Productivity and technological change.

PositionNational Bureau of Economic Research's Program on Productivity

On March 6, researchers in the NBER's Program on Productivity met at the Bureau's Cambridge office. Jean O. Lanjouw, NBER and Yale University, and Mark Schankerman, the London School of Economics, chose these topics for discussion:

Bronwyn H. Hall, NBER and University of California, Berkeley; Adam B. Jaffe, NBER and Brandeis University; and Manuel Trajtenberg, NBER and Tel Aviv University, "Market Value and Patent Citations: A First Look"

Mary Ellen Mogee, Mogee Research & Analysis Associates, "Patent Citations and Licensing Revenues"

Arvids Ziedonis, University of California, Berkeley, "Analyzing Academic Patent Licensing and Citation"

Discussant: Suzanne Scotchmer, NBER and University of California, Berkeley

Dietmar Harhoff, Wissenschraftszentrum Berlin; Frederic M. Scherer, Harvard University; and Katrin Vopel, Zentrum fur Europaische Wirtschaftsforschung, "Citations, Family Size, Opposition, and the Value of Patent Rights - Evidence from Germany"

Jean O. Lanjouw and Mark Schankerman, "Measuring Innovation: What Do We Gain from Multiple Indicators?"

Jonathan Putnam, Charles River Associates, "How Many Pennies for Your Quote? Estimates of the Value of Patent Citations"

Jean O. Lanjouw; Ariel Pakes, NBER and Yale University; and Jonathan Putnam, "A Report on a European Patents Project"

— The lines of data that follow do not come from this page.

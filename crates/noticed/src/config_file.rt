//! The configuration file of `serve`.
//! A line is `key = value`, empty, or a comment that begins with `#`.
use crate::start_error::StartError;
use std::alloc::Global;
use std::fs;
use std::io::ErrorKind;

/// The keys: the long names of the options and arguments of `serve`.
const KEYS: [&str; 16] = [
    "socket",
    "host",
    "agents",
    "max-use",
    "journal",
    "max-journal",
    "outbox",
    "hand-in",
    "give-up",
    "release-closed",
    "logs",
    "entries",
    "idle",
    "end-on-fault",
    "log",
    "inherited",
];

/// A configuration file: its path, and its settings in their order, each key at most once.
#[derive(Drop)]
pub(crate) struct ConfigFile {
    path: String,
    settings: Vec<Setting>,
}

/// A line that sets a value.
#[derive(Drop)]
pub(crate) struct Setting {
    key: String,
    /// The value.
    pub(crate) value: String,
    /// The number of the line, from 1.
    pub(crate) line: usize,
}

impl ConfigFile {
    /// Reads the file at this path. Returns an error that names the path, and the line if there is
    /// one: if it can't be read, or a line is malformed, has an unknown key, or one that was before.
    pub(crate) fn read(rt: &HostRuntime, path: &str) -> Result<ConfigFile, StartError> {
        let alloc = rt.alloc();
        let bytes = match fs::read(rt, path) {
            Ok(bytes) => bytes,
            Err(error) if error.kind() == ErrorKind::OutOfMemory => return Err(
                StartError::NoMemory,
            ),
            Err(error) => return Err(StartError::at_file(alloc, path, &error)),
        };
        let text = match str::from_utf8(&bytes) {
            Ok(text) => text,
            Err(error) => {
                let line = lines_before(&bytes, error.valid_up_to()).saturating_add(1);
                return Err(StartError::at_line(alloc, path, line, "is not UTF-8"));
            }
        };
        let mut file = ConfigFile {
            path: format!(in alloc; "{path}")?,
            settings: Vec::new(alloc),
        };
        for (index, line) in text.lines().enumerate() {
            file.add(alloc, line.trim(), index.saturating_add(1))?;
        }
        Ok(file)
    }

    /// The path of the file.
    pub(crate) fn path(&self) -> &str {
        self.path.as_str()
    }

    /// The setting of this key, if the file has one.
    pub(crate) fn setting(&self, key: &str) -> Option<&Setting> {
        self.settings
            .iter()
            .find(|setting| setting.key.as_str() == key)
    }

    /// Adds what a line sets, if it sets something.
    fn add(&mut self, alloc: Global, text: &str, line: usize) -> Result<(), StartError> {
        if text.is_empty() || text.starts_with('#') {
            return Ok(());
        }
        let Some((key, value)) = text.split_once('=') else {
            return Err(self.wrong(alloc, line, "is not of the form 'key = value'", text));
        };
        let (key, value) = (key.trim(), value.trim());
        if !KEYS.contains(&key) {
            return Err(self.wrong(alloc, line, "has an unknown key", key));
        }
        if self.setting(key).is_some() {
            return Err(self.wrong(alloc, line, "has a key that was set before", key));
        }
        if value.is_empty() {
            return Err(self.wrong(alloc, line, "has no value", key));
        }
        let setting = Setting {
            key: format!(in alloc; "{key}")?,
            value: format!(in alloc; "{value}")?,
            line,
        };
        self.settings
            .push(setting)
            .map_err(|_| StartError::NoMemory)
    }

    /// The error of a line.
    fn wrong(&self, alloc: Global, line: usize, why: &str, word: &str) -> StartError {
        match format!(in alloc; "{why}: '{word}'") {
            Ok(reason) => StartError::at_line(alloc, self.path(), line, reason.as_str()),
            Err(_) => StartError::NoMemory,
        }
    }
}

/// How many lines end before this place.
fn lines_before(bytes: &[u8], place: usize) -> usize {
    bytes
        .iter()
        .take(place)
        .filter(|byte| **byte == b'\n')
        .count()
}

As patent data increasingly become available in machine-readable form, more researchers are using measures based on patents and their citations as indicators of technological output and information flow. Hall, Jaffe, and Trajtenberg explore the economic meaning of citation-based patent measures using the financial market valuation of the firms that own the patents. With a new comprehensive dataset containing more than 4,000 U. S. manufacturing firms and their patenting activity for the past 20 years, they analyze the contributions of R and D spending, patents, and citation-weighted patents to measures of Tobin's Q for the firms, attempting to learn what patent citations really measure and whether they can be used as proxies for economically significant innovative activity

Mogee investigates the relationship between patent licensing revenues and patent citations. She focuses on a sample of 49 patents that generated licensing revenues and 147 that did not. For each patent, there is data available on the annual number of citations from 1971-85. She finds that the number of citations is strongly associated with the probability that a patent will generate...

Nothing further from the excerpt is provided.